*WORK TASK*: Repeat everything in the listing below. Keep each line exact.

*DATA FOR ANALYSIS*:
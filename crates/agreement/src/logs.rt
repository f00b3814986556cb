// The logs of an agreement that a grade and its count read.
ghost use Rattle.std.specs.Prelude.{◌≡◌, ◌||◌, true, MatchOption};
ghost use Rattle.agreement.specs.Record.{lacks_room, overlong};
ghost use Rattle.agreement.specs.Steps.{Readable, Lent};

use super::room::lacks_room;
use super::tally::is_over;
use message::MOST_BLOCKS;

// Logs as they are lent: sender i's stands at its place from `base` on. The lists have room for them, and no length is over 64.
#[derive(Clone, Copy)]
pub(crate) struct Logs<'a> {
    pub(crate) names: &'a [u64],
    pub(crate) counts: &'a [u16],
    pub(crate) lengths: &'a [u8; 32],
    pub(crate) base: u32,
    ghost readable: { Readable names.now counts.now base lengths.now },
}

// The logs, or none where the lists lack room for them or a length is over 64. Inlined, so that they do not go through memory.
#[inline(always)]
pub(crate) fn readable<'a>(
    names: &'a [u64],
    counts: &'a [u16],
    lengths: &'a [u8; 32],
    base: u32,
) -> Option<Logs<'a>>
    ensures { MatchOption result ((lacks_room names.now counts.now base || overlong lengths.now) ≡ true)
        (λ t. Lent names.now counts.now base lengths.now t.names.now t.counts.now t.base t.lengths.now) }
{
    if lacks_room(names.len(), counts.len(), base) | is_over(lengths, MOST_BLOCKS) {
        return None;
    }
    Some(Logs {
        names,
        counts,
        lengths,
        base,
    })
}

*EXERCISE OUTPUT*:
filename crates/agreement/src/logs.rt
repository f00b3814986556cb
// The logs of an agreement that a grade and its count read.
ghost use Rattle.std.specs.Prelude.{◌≡◌, ◌||◌, true, MatchOption};
ghost use Rattle.agreement.specs.Record.{lacks_room, overlong};
ghost use Rattle.agreement.specs.Steps.{Readable, Lent};

use super::room::lacks_room;
use super::tally::is_over;
use message::MOST_BLOCKS;

// Logs as they are lent: sender i's stands at its place from `base` on. The lists have room for them, and no length is over 64.
#[derive(Clone, Copy)]
pub(crate) struct Logs<'a> {
    pub(crate) names: &'a [u64],
    pub(crate) counts: &'a [u16],
    pub(crate) lengths: &'a [u8; 32],
    pub(crate) base: u32,
    ghost readable: { Readable names.now counts.now base lengths.now },
}

// The logs, or none where the lists lack room for them or a length is over 64. Inlined, so that they do not go through memory.
#[inline(always)]
pub(crate) fn readable<'a>(
    names: &'a [u64],
    counts: &'a [u16],
    lengths: &'a [u8; 32],
    base: u32,
) -> Option<Logs<'a>>
    ensures { MatchOption result ((lacks_room names.now counts.now base || overlong lengths.now) ≡ true)
        (λ t. Lent names.now counts.now base lengths.now t.names.now t.counts.now t.base t.lengths.now) }
{
    if lacks_room(names.len(), counts.len(), base) | is_over(lengths, MOST_BLOCKS) {
        return None;
    }
    Some(Logs {
        names,
        counts,
        lengths,
        base,
    })
}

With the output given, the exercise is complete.